Israels Premier setzt im Wahlkampf alles auf eine Karte und verspricht den jüdischen Siedlern die Annexion des Westjordantals.

Das fruchtbare Westjordantal ist umstritten.
Das fruchtbare Westjordantal ist umstritten.
Das fruchtbare Westjordantal ist umstritten. – (c) Reuters

Benjamin Netanjahu kämpft bei den von ihm vom Zaun gebrochenen Neuwahlen am Dienstag in Israel an vielerlei Fronten: Die Wahlversprechen sind groß, und der Einsatz im Wahlpoker ist hoch - auch der ganz persönliche.
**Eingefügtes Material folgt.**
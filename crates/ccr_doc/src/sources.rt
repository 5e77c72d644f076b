// Which sources are refused.
ghost use Rattle.std.specs.Prelude.{◌≡◌, ◌≢◌, nat_le, Some, None, IfOk, IfErr, OnOk, string_bytes};
ghost use Rattle.serde_json.specs.Data.{depth, items_depth, members_depth};
ghost use Rattle.serde_json.specs.View.{view, items_view, members_view};
ghost use Rattle.serde_json.specs.Written.{compact_text};
ghost use Rattle.ccr_doc.specs.Sources.{has_other_number as has_other_number_of, items_have_other_number as items_have_other_number_of, members_have_other_number as members_have_other_number_of, value_of, judged, source_of, compact_of};
ghost use Rattle.ccr_doc.specs.declared.sources.BadSource.TheVariants.{Memory};

use ccr_op::MOST_SOURCE_BYTES;
use serde_json::{Map, Value};
use std::alloc::{AllocError, Global};
use thiserror::Error;

/// How many objects and lists may stand inside one another, the source itself counted.
const MOST_LEVELS: u64 = 20;

/// Why a source is refused. The first of `NotJson`, `NotObject`, `Nested`, `Number` and `TooLarge` that
/// holds is the one that is told.
#[derive(Clone, Copy, Debug, PartialEq, Eq, Error)]
pub enum BadSource {
    #[error("the source is no object")]
    NotObject,
    /// As 1.5, 1e2 and 9223372036854775808.
    #[error("a number is not a whole number of 64 bits with a sign")]
    Number,
    /// The source itself is counted.
    #[error("more than 20 objects and lists stand inside one another")]
    Nested,
    #[error("the compact text has more than 524,288 bytes")]
    TooLarge,
    #[error("the source is no JSON in UTF-8")]
    NotJson,
    /// This says nothing of the source.
    #[error("out of memory")]
    Memory,
}

impl From<AllocError> for BadSource {
    ghost from_gives = { λ _ e. e ≡ Memory };

    fn from(_error: AllocError) -> BadSource {
        BadSource::Memory
    }
}

/// The compact text of a source: no spaces, and the members of each object in ascending order of their
/// names. Refuses what `Doc::read` refuses.
pub fn compact(alloc: Global, from: &[u8]) -> Result<String, BadSource>
    ensures ok { IfOk result (λ text. compact_of from.now ≡ Ok (string_bytes text)) }
    ensures err { IfErr result (λ e. e ≢ BadSource.Memory → compact_of from.now ≡ Err e) }
{
    let (_, text) = read_source(alloc, from)?;
    Ok(text)
}

/// A source's value and its compact text.
pub(crate) fn read_source(alloc: Global, from: &[u8]) -> Result<(Value, String), BadSource>
    ensures value { IfOk result (λ read. source_of from.now ≡ Ok (view read.0)) }
    ensures text { IfOk result (λ read. string_bytes read.1 ≡ compact_text (view read.0)) }
    ensures err { IfErr result (λ e. e ≢ BadSource.Memory → source_of from.now ≡ Err e) }
{
    let value = parse(alloc, from)?;
    let text = judge(alloc, &value)?;
    Ok((value, text))
}

/// The value of a JSON text in UTF-8. Refuses with `NotJson` or `Memory` alone.
pub fn parse(alloc: Global, from: &[u8]) -> Result<Value, BadSource>
    ensures ok { IfOk result (λ value. value_of from.now ≡ Some (view value)) }
    ensures err { IfErr result (λ e. e ≢ BadSource.Memory
        → (e ≡ BadSource.NotJson) × (value_of from.now ≡ None)) }
{
    match Value::from_slice(alloc, from) {
        Ok(value) => Ok(value),
        Err(error) => {
            if error.is_memory() {
                return Err(BadSource::Memory);
            }
            Err(BadSource::NotJson)
        }
    }
}

// The compact text of a value that no refusal meets.
#[tactic(auto, using(crate::proofs::Values::no_float))]
fn judge(alloc: Global, value: &Value) -> Result<String, BadSource>
    ensures ok { OnOk result (judged (Some (view value.now)) ≡ Ok (view value.now)) }
    ensures text { IfOk result (λ text. string_bytes text ≡ compact_text (view value.now)) }
    ensures err { IfErr result (λ e. e ≢ BadSource.Memory
        → judged (Some (view value.now)) ≡ Err e) }
{
    if !value.is_object() {
        return Err(BadSource::NotObject);
    }
    if !nests_within(value, MOST_LEVELS) {
        return Err(BadSource::Nested);
    }
    if has_other_number(value) {
        return Err(BadSource::Number);
    }
    let text = value.to_string(alloc)?;
    if text.len() > MOST_SOURCE_BYTES {
        return Err(BadSource::TooLarge);
    }
    Ok(text)
}

#[cycle(nests)]
#[tactic(auto, using(crate::proofs::Walks::items_view_drop))]
fn nests_within(value: &Value, levels: u64) -> bool
    ensures { result ≡ nat_le (depth (view value.now)) levels }
{
    match value {
        Value::Array(items) => levels > 0 && items_nest_within(items, levels - 1),
        Value::Object(members) => levels > 0 && members_nest_within(members, levels - 1),
        _ => true,
    }
}

#[cycle(nests)]
#[tactic(auto, using(crate::proofs::Walks::items_view_drop))]
fn items_nest_within(items: &Vec<Value>, levels: u64) -> bool
    ensures { result ≡ nat_le (items_depth (items_view items.now.items)) levels }
{
    for item in items {
        if !nests_within(item, levels) {
            return false;
        }
    }
    true
}

#[cycle(nests)]
#[tactic(auto, using(crate::proofs::Walks::items_view_drop))]
fn members_nest_within(members: &Map<String, Value>, levels: u64) -> bool
    ensures { result ≡ nat_le (members_depth (members_view members.now.entries)) levels }
{
    for (_, member) in members.iter() {
        if !nests_within(member, levels) {
            return false;
        }
    }
    true
}

#[cycle(numbers)]
#[tactic(auto, using(crate::proofs::Walks::items_view_drop))]
fn has_other_number(value: &Value) -> bool
    ensures { result ≡ has_other_number_of (view value.now) }
{
    match value {
        Value::Number(number) => number.as_i64().is_none(),
        Value::Array(items) => items_have_other_number(items),
        Value::Object(members) => members_have_other_number(members),
        _ => false,
    }
}

#[cycle(numbers)]
#[tactic(auto, using(crate::proofs::Walks::items_view_drop))]
fn items_have_other_number(items: &Vec<Value>) -> bool
    ensures { result ≡ items_have_other_number_of (items_view items.now.items) }
{
    for item in items {
        if has_other_number(item) {
            return true;
        }
    }
    false
}

#[cycle(numbers)]
#[tactic(auto, using(crate::proofs::Walks::items_view_drop))]
fn members_have_other_number(members: &Map<String, Value>) -> bool
    ensures { result ≡ members_have_other_number_of (members_view members.now.entries) }
{
    for (_, member) in members.iter() {
        if has_other_number(member) {
            return true;
        }
    }
    false
}
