impl Leader {
    /// A request for a lease: it is answered once each copy has the lease, and waits until then.
    fn hear_lease_add(
        &mut self,
        follower: &Uuid,
        request: u64,
        id: &LeaseId,
    ) -> Result<(Heard, Messages), LeaderFault>
        requires { AreKeptRightly self.old.copies self.old.kept }
        ensures ok { IfOk result (λ told. settling_requests (lease_add_row self.old follower.now request id.now (not_ready self.old.copies)) ≡ hears told.0 self.new told.1) }
        ensures err { IfErr result (λ fault. fault ≡ LeaderFault.Memory) }
    {
        if let Some(copy) = self.copies.not_ready() {
            let content = Content::NotReady { copy };
            let sent = one(self.alloc, follower, request, content)?;
            return Ok((Heard::NotReady { copy }, sent));
        }
        self.broken = true;
        let existed = self.copies.add_lease(id, self.now)?;
        let id = id.copy(self.alloc)?;
        let asked = KeptRequest {
            follower: *follower,
            request,
            id,
            existed,
        };
        let mut sent = Messages::none(self.alloc);
        let told = self.answer_or_keep(asked, &mut sent)?;
        self.broken = true;
        answer_where_new(existed, &mut self.kept, &self.copies, &mut sent)?;
        self.broken = false;
        Ok((told, sent))
    }

    /// A request is answered where each copy has its lease, and else kept.
    fn answer_or_keep(
        &mut self,
        asked: KeptRequest,
        sent: &mut Messages,
    ) -> Result<Heard, AllocError>
        requires { sent.old ≡ [] }
        ensures { IfOk result (λ told. answer_or_keep self.old asked (lacks_lease asked.id self.old.copies) ≡ hears told self.new sent.new) }
    {
        match self.copies.lacks_lease(&asked.id) {
            None => {
                sent.push(asked.answer(&self.copies))?;
                Ok(Heard::Lease {
                    result: granted(asked.existed),
                    number: self.copies.greatest_floor(),
                })
            }
            Some(copy) => {
                self.kept.keep(self.alloc, asked)?;
                Ok(Heard::Waiting { copy })
            }
        }
    }

    /// A request to renew a lease.
    fn hear_renewal(
        &mut self,
        follower: &Uuid,
        request: u64,
        id: &LeaseId,
        number: Count,
    ) -> Result<(Heard, Messages), LeaderFault>
        requires { AreKeptRightly self.old.copies self.old.kept }
        ensures ok { IfOk result (λ told. lease_renew_row self.old follower.now request id.now number (lease_of id.now self.old.copies.primary.leases.leases) ≡ hears told.0 self.new told.1) }
        ensures kept { OnOk result (AreKeptRightly self.new.copies self.new.kept) }
        ensures err { IfErr result (λ fault. fault ≡ LeaderFault.Memory) }
    {
        match self.copies.renew_lease(id, number, self.now) {
            Ok(()) => {
                self.broken = true;
                let told = lease_told(self.alloc, follower, request, LeaseResult::Ok, number)?;
                self.broken = false;
                Ok(told)
            }
            Err(LeaseFault::LowNumber { kept }) => {
                let told = lease_told(self.alloc, follower, request, LeaseResult::LowNumber, kept)?;
                Ok(told)
            }
            Err(LeaseFault::NotFound) => {
                let told = lease_told(self.alloc, follower, request, LeaseResult::NotFound, 0)?;
                Ok(told)
            }
            Err(_) => Err(LeaderFault::Memory),
        }
    }

    /// A request to take a lease out.
    fn hear_removal(
        &mut self,
        follower: &Uuid,
        request: u64,
        id: &LeaseId,
    ) -> Result<(Heard, Messages), LeaderFault>
        requires { AreKeptRightly self.old.copies self.old.kept }
        ensures ok { IfOk result (λ told. lease_remove_row self.old follower.now request id.now (lease_of id.now self.old.copies.primary.leases.leases) ≡ hears told.0 self.new told.1) }
        ensures kept { OnOk result (AreKeptRightly self.new.copies self.new.kept) }
        ensures err { IfErr result (λ fault. fault ≡ LeaderFault.Memory) }
    {
        match self.copies.remove_lease(id) {
            Ok(lease) => {
                self.broken = true;
                let told = lease_told(
                    self.alloc,
                    follower,
                    request,
                    LeaseResult::Ok,
                    lease.number,
                )?;
                self.broken = false;
                Ok(told)
            }
            Err(LeaseFault::NotFound) => {
                let told = lease_told(self.alloc, follower, request, LeaseResult::NotFound, 0)?;
                Ok(told)
            }
            Err(_) => Err(LeaderFault::Memory),
        }
    }
}
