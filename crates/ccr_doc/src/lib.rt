//! Sources of documents: what a source says, and when it is refused.
//!
//! A source is a JSON text (RFC 8259) with an object at its top. Its document is the list of its fields,
//! each a dotted name with one scalar. A text's tokens are the words that a search for words compares.
#![tactic(auto)]

mod documents;
mod scalars;
mod sources;
mod texts;
mod words;

pub use documents::{Doc, Field};
pub use scalars::Scalar;
pub use sources::{BadSource, compact, parse};
pub use texts::Token;
pub use words::{shares_token, tokens};
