// The values of fields, and their order.
ghost use Rattle.std.specs.Prelude.{◌≡◌, IfOk};
ghost use Rattle.ccr_doc.specs.Scalars.{scalar_cmp};

use ccr_op::Name;
use std::alloc::{AllocError, Global};
use std::cmp::Ordering;

/// A value of a field. JSON's null is none.
#[derive(Debug, Drop)]
pub enum Scalar {
    Text(Name),
    Number(i64),
    Truth(bool),
}

impl Scalar {
    /// Truth values come first (false before true), then numbers, then texts by their bytes.
    pub fn compare(&self, other: &Scalar) -> Ordering
        ensures { result ≡ scalar_cmp self.now other.now }
    {
        match (self, other) {
            (Scalar::Truth(a), Scalar::Truth(b)) => a.cmp(b),
            (Scalar::Truth(_), _) => Ordering::Less,
            (Scalar::Number(_), Scalar::Truth(_)) => Ordering::Greater,
            (Scalar::Number(a), Scalar::Number(b)) => a.cmp(b),
            (Scalar::Number(_), Scalar::Text(_)) => Ordering::Less,
            (Scalar::Text(a), Scalar::Text(b)) => a.as_str().cmp(&b.as_str()),
            (Scalar::Text(_), _) => Ordering::Greater,
        }
    }

    pub fn copy(&self, alloc: Global) -> Result<Scalar, AllocError>
        ensures { IfOk result (λ other. other ≡ self.now) }
    {
        match self {
            Scalar::Text(text) => Ok(Scalar::Text(text.copy(alloc)?)),
            Scalar::Number(number) => Ok(Scalar::Number(*number)),
            Scalar::Truth(truth) => Ok(Scalar::Truth(*truth)),
        }
    }
}
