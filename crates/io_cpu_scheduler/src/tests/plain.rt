// The definitions, computed in the plainest way, for small numbers.
use crate::{Class, Decision, Load, Part};
use rows::Machine;

fn asked(load: &Load, degree: u32) -> u64 {
    load.pages.wrapping_mul(16).wrapping_mul(u64::from(degree))
}

fn served(load: &Load, machine: &Machine) -> u64 {
    load.time.wrapping_mul(u64::from(machine.drives))
}

pub fn plain_class(load: &Load, machine: &Machine) -> Class {
    if asked(load, machine.backends) > served(load, machine) {
        Class::Io
    } else {
        Class::Cpu
    }
}

// The most backends, up to all, that ask no more than the drives serve, and at least 1.
pub fn plain_solo(load: &Load, machine: &Machine) -> u32 {
    let mut most = 1;
    for degree in 2..=machine.backends {
        if asked(load, degree) <= served(load, machine) {
            most = degree;
        }
    }
    most
}

fn distance(io: &Load, cpu: &Load, machine: &Machine, degree: u32) -> u64 {
    let others = machine.backends.wrapping_sub(degree);
    let by_io = asked(io, degree).wrapping_mul(cpu.time);
    let by_cpu = asked(cpu, others).wrapping_mul(io.time);
    let full = served(io, machine).wrapping_mul(cpu.time);
    by_io.wrapping_add(by_cpu).abs_diff(full)
}

fn is_least(io: &Load, cpu: &Load, machine: &Machine, degree: u32) -> bool {
    for other in 1..machine.backends {
        if distance(io, cpu, machine, other) < distance(io, cpu, machine, degree) {
            return false;
        }
    }
    true
}

pub fn plain_balance(io: &Load, cpu: &Load, machine: &Machine) -> u32 {
    for degree in 1..machine.backends {
        if is_least(io, cpu, machine, degree) {
            return degree;
        }
    }
    0
}

// Pages for a time of 72000, which each time of the tests divides.
fn rate(load: &Load) -> u64 {
    let pages = load.pages.wrapping_mul(72000);
    pages.checked_div(load.time).unwrap_or(0)
}

fn comes_first(class: Class, a: &Load, b: &Load) -> bool {
    if rate(a) == rate(b) {
        return a.fragment < b.fragment;
    }
    match class {
        Class::Io => rate(a) > rate(b),
        Class::Cpu => rate(a) < rate(b),
    }
}

fn is_extreme(load: &Load, loads: &[Load], class: Class, machine: &Machine) -> bool {
    for other in loads {
        if plain_class(other, machine) == class && comes_first(class, other, load) {
            return false;
        }
    }
    true
}

fn plain_extreme(loads: &[Load], class: Class, machine: &Machine) -> Option<Load> {
    for load in loads {
        if plain_class(load, machine) == class && is_extreme(load, loads, class, machine) {
            return Some(*load);
        }
    }
    None
}

fn numbered(loads: &[Load], number: u32) -> Option<Load> {
    for load in loads {
        if load.fragment == number {
            return Some(*load);
        }
    }
    None
}

fn plain_lowest(loads: &[Load]) -> Option<Load> {
    for number in 0..5u32 {
        if let Some(load) = numbered(loads, number) {
            return Some(load);
        }
    }
    None
}

fn plain_alone(load: Option<Load>, machine: &Machine) -> Decision {
    let first = match load {
        Some(load) => Some(Part {
            fragment: load.fragment,
            degree: plain_solo(&load, machine),
        }),
        None => None,
    };
    Decision {
        first,
        second: None,
    }
}

fn plain_pair(io: &Load, cpu: &Load, machine: &Machine) -> Decision {
    let degree = plain_balance(io, cpu, machine);
    let io_part = Some(Part {
        fragment: io.fragment,
        degree,
    });
    let cpu_part = Some(Part {
        fragment: cpu.fragment,
        degree: machine.backends.wrapping_sub(degree),
    });
    let (first, second) = if io.fragment < cpu.fragment {
        (io_part, cpu_part)
    } else {
        (cpu_part, io_part)
    };
    Decision { first, second }
}

pub fn plain_decision(running: Option<&Load>, ready: &[Load], machine: &Machine) -> Decision {
    let mut io = plain_extreme(ready, Class::Io, machine);
    let mut cpu = plain_extreme(ready, Class::Cpu, machine);
    if let Some(load) = running {
        match plain_class(load, machine) {
            Class::Io => io = Some(*load),
            Class::Cpu => cpu = Some(*load),
        }
    }
    match (io, cpu) {
        (Some(io), Some(cpu)) if machine.backends > 1 => plain_pair(&io, &cpu, machine),
        _ => plain_alone(running.copied().or(plain_lowest(ready)), machine),
    }
}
Bodyguards zerrten ihn am Dienstagabend von der Bühne in der südisraelischen Küstenstadt Ashdod, als schriller Bombenalarm ertönte. Das Abwehrsystem „Iron Dome“ fing die vom Gazastreifen abgefeuerten Raketen auf Ashdod und Ashkelon ab, und der Premier konnte seine Wahlkampfkundgebung nach einigen Minuten unter „Bibi“-Sprechchören fortsetzen. Israels Luftwaffe flog daraufhin Vergeltungsschläge gegen Hamas-Ziele in Gaza.